Polizei geht davon aus, daß der Dresdner Neonazi von zwei Zuhältern erschossen worden ist/ Rechtsextreme fordern „Blutrache“/ Wie kam Sonntag 1987 in die BRD?  ■ Von Bernd Siegler

Nürnberg (taz/ap) — Daß die beiden mutmaßlichen Mörder des in der Nacht zum Sonntag in Dresden auf offener Straße erschossenen Neonazi-Führers Rainer Sonntag aus dem Zuhältermilieu stammen, ist für den Dresdner Polizeisprecher Uwe Winkler „so gut wie sonnenklar“. Wichtigstes Indiz gegen die beiden 23- und 24jährigen Männer aus Baden-Württemberg ist ein sichergestellter schwarzer Mercedes 126 C. Laut Winkler ist es „kriminalistisch zweifelsfrei erwiesen“, daß die Mörder des Neonazis dieses Fahrzeug gefahren hätten.

Die Gesuchten, nach denen Interpol fahndet, seien zudem beim Bundeskriminalamt in Wiesbaden mit Fotos und Fingerabdrücken registriert.

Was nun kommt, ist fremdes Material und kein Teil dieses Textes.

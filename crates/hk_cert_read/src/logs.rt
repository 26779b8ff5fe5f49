//! The rows of a log.

ghost use Rattle.std.specs.Prelude.{◌≡◌, ◌+◌, [], IfSome};
ghost use Rattle.hk_cnf.specs.Text.{lines_of};
ghost use Rattle.hk_cert.specs.Steps.{Gives};
ghost use Rattle.hk_cert.specs.Reading.{log_from};

use hk_cert::CertStop;
use hk_cert::at::{At, refused};
use hk_cert_lines::CertReason;
use hk_cert_log::{LogStop, rows_due};
use hk_lrat::LratLog;
use std::alloc::Global;

/// The number as that of a line; none where 32 bits do not hold it.
fn narrow(number: u64) -> Option<u32>
    ensures { IfSome result (λ n. n ≡ number) }
{
    if number > u64::from(u32::MAX) {
        return None;
    }
    Some(number as u32)
}

/// The number of the line behind so many more; none where 32 bits do not hold it.
fn line_behind(line: u32, count: u64) -> Option<u32>
    ensures { IfSome result (λ n. n ≡ line + count) }
{
    match u64::from(line).checked_add(count) {
        Some(number) => narrow(number),
        None => None,
    }
}

/// Reads so many rows of a log, a line each.
#[tactic(auto, using(crate::proofs::Logging::log_found))]
pub fn log_at<'t>(alloc: Global, count: u64, at: At<'t>) -> Result<(LratLog, At<'t>), CertStop>
    ensures { Gives (λ log. log) result (log_from count [] at.entry.line (lines_of at.entry.text.now)) }
{
    match rows_due(alloc, count, at.text) {
        Ok((log, text)) => match line_behind(at.line, count) {
            Some(line) => Ok((log, At { text, line })),
            None => Err(CertStop::Memory),
        },
        Err(LogStop::NoRow(rows)) => match line_behind(at.line, rows) {
            Some(line) => Err(refused(line, CertReason::Q1)),
            None => Err(CertStop::Memory),
        },
        Err(LogStop::Memory) => Err(CertStop::Memory),
    }
}
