//! The whole text.

ghost use Rattle.std.specs.Prelude.{◌≡◌, List, [], map, Err, IfErr, OnOk};
ghost use Rattle.hk_cnf.specs.Text.{lines_of};
ghost use Rattle.ir_ast.specs.ProgramView.{view_module};
ghost use Rattle.ir_layout.specs.Layouts.{LayoutView, IsLayoutOf};
ghost use Rattle.spec_tree.specs.Sorted.{IsWellSorted};
ghost use Rattle.spec_tree.specs.View.{view_spec};
ghost use Rattle.hk_cert_text.specs.declared.entry.Entry.{Entry as AnyEntry};
ghost use Rattle.hk_cert.specs.Steps.{line_at, place_of, Gives};
ghost use Rattle.hk_cert.specs.Reading as definition;
ghost use Rattle.hk_cert_read.specs.Whole.{Reads};

use crate::certificate::Certificate;
use crate::handlers::entries_at;
use hk_cert::CertStop;
use hk_cert::at::{At, next_line, refused};
use hk_cert_lines::CertReason;
use hk_cert_text::Entry;
use hk_seq::Seq;
use ir_kernel::Kernel;
use ir_layout::KMemory;
use spec_tree::Spec;
use std::alloc::Global;

/// Reads a line of this text alone.
fn fixed_line<'t>(fixed: &[u8], at: At<'t>) -> Result<((), At<'t>), CertStop>
    ensures { Gives (λ u. u) result (line_at (definition.is_line fixed.now) (place_of at.entry)) }
{
    let Some((line, after)) = next_line(at)? else {
        return Err(refused(at.line, CertReason::Q1));
    };
    if line == fixed {
        Ok(((), after))
    } else {
        Err(refused(at.line, CertReason::Q1))
    }
}

/// Reads the lines from the first to the last.
fn text_at<'t>(
    alloc: Global,
    kernel: &Kernel,
    initial: &KMemory,
    spec: &Spec,
    at: At<'t>,
) -> Result<(Seq<Entry>, At<'t>), CertStop>
    requires { IsWellSorted (view_spec spec.now) }
    ensures { (l : LayoutView) → IsLayoutOf (view_module kernel.now) l → initial.now ≡ map (λ o. o.bytes) l.objects →
        Gives (λ entries. entries) result (definition.text_at (view_module kernel.now) l.objects (view_spec spec.now) (place_of at.entry)) }
{
    let (_first, begun) = fixed_line(b"hkv certificate 1", at)?;
    let (entries, behind) = entries_at(alloc, kernel, initial, spec, begun)?;
    let (_last, after) = fixed_line(b"end", behind)?;
    Ok((entries, after))
}

/// Refuses a line behind the last one.
fn no_line(at: At<'_>) -> Result<(), CertStop>
    ensures ok { OnOk result (lines_of at.entry.text.now ≡ []) }
    ensures err { IfErr result (λ stop. (entries : List AnyEntry) → Reads (Err stop) (definition.ended entries at.entry.line (lines_of at.entry.text.now))) }
{
    match next_line(at)? {
        None => Ok(()),
        Some(_) => Err(refused(at.line, CertReason::Q1)),
    }
}

/// Reads a text of which no line follows the last one.
fn all_of(
    alloc: Global,
    kernel: &Kernel,
    initial: &KMemory,
    spec: &Spec,
    text: &[u8],
) -> Result<Certificate, CertStop>
    requires { IsWellSorted (view_spec spec.now) }
    ensures { (l : LayoutView) → IsLayoutOf (view_module kernel.now) l → initial.now ≡ map (λ o. o.bytes) l.objects →
        Reads result (definition.certificate_of (view_module kernel.now) l.objects (view_spec spec.now) text.now) }
{
    let (entries, after) = text_at(alloc, kernel, initial, spec, At { text, line: 1 })?;
    no_line(after)?;
    Ok(Certificate { entries })
}

/// The certificate that a text spells for a kernel and its specification, or the first line that fails with its least reason: `Q1` where it
/// is not spelled or out of place, `Q2` where a number is out of its range, `Q3` where a name or an obligation is not the next.
///
/// It takes time linear in the text and in the states of its rejections. A text of 2^31 bytes or more may be want of memory.
pub fn read_certificate(
    alloc: Global,
    text: &[u8],
    kernel: &Kernel,
    spec: &Spec,
) -> Result<Certificate, CertStop>
    requires sorted { IsWellSorted (view_spec spec.now) }
    ensures { (l : LayoutView) → IsLayoutOf (view_module kernel.now) l →
        Reads result (definition.certificate_of (view_module kernel.now) l.objects (view_spec spec.now) text.now) }
{
    // For the proof: the kernel's module is checked, so its initialisers fit.
    let _checked = kernel.checked();
    let initial = KMemory::initial(alloc, kernel.layout())?;
    all_of(alloc, kernel, &initial, spec, text)
}
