//! What a certificate says.

use hk_cert_text::Entry;
use hk_seq::Seq;

/// A certificate: an entry for each handler, in the order of the specification.
#[derive(Drop)]
pub struct Certificate {
    pub entries: Seq<Entry>,
}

Damit ist für die Polizei die These vom Tisch, Sonntag sei Opfer von internen Auseinandersetzungen unter Dresdens Rechtsradikalen geworden. Diese laufen jetzt mit Armbinden mit der Aufschrift „Blutrache für Rainer Sonntag“ durch Sachsens Hauptstadt. Sonntag wurde, wie berichtet, im Rahmen einer Straßenschlacht vor einem Kino in unmittelbar neben einem Bordell aus nächster Nähe erschossen. Nach Zeugenaussagen wollten die Neonazis das Bordell überfallen. Sonntag war 1987 aus der DDR in die BRD gekommen und lebte im Aussiedlerheim im hessischen Langen. Dort schloß er sich der Kühnen-Organisation „Nationale Sammlung“ an und kandidierte 1987 für die „NS“ bei den Kommunalwahlen. Wie Sonntag überhaupt in die BRD gelangen konnte, ist nach wie vor ungeklärt. In Langen hatte er geprahlt, er sei „freigekauft“ worden. Dies wollte im Bundesinnenministererium niemand bestätigen. Sonntag könnte auch von der DDR abgeschoben worden sein, unklar ist jedenfalls, wegen welcher Straftaten er in der ehemaligen DDR verurteilt worden war.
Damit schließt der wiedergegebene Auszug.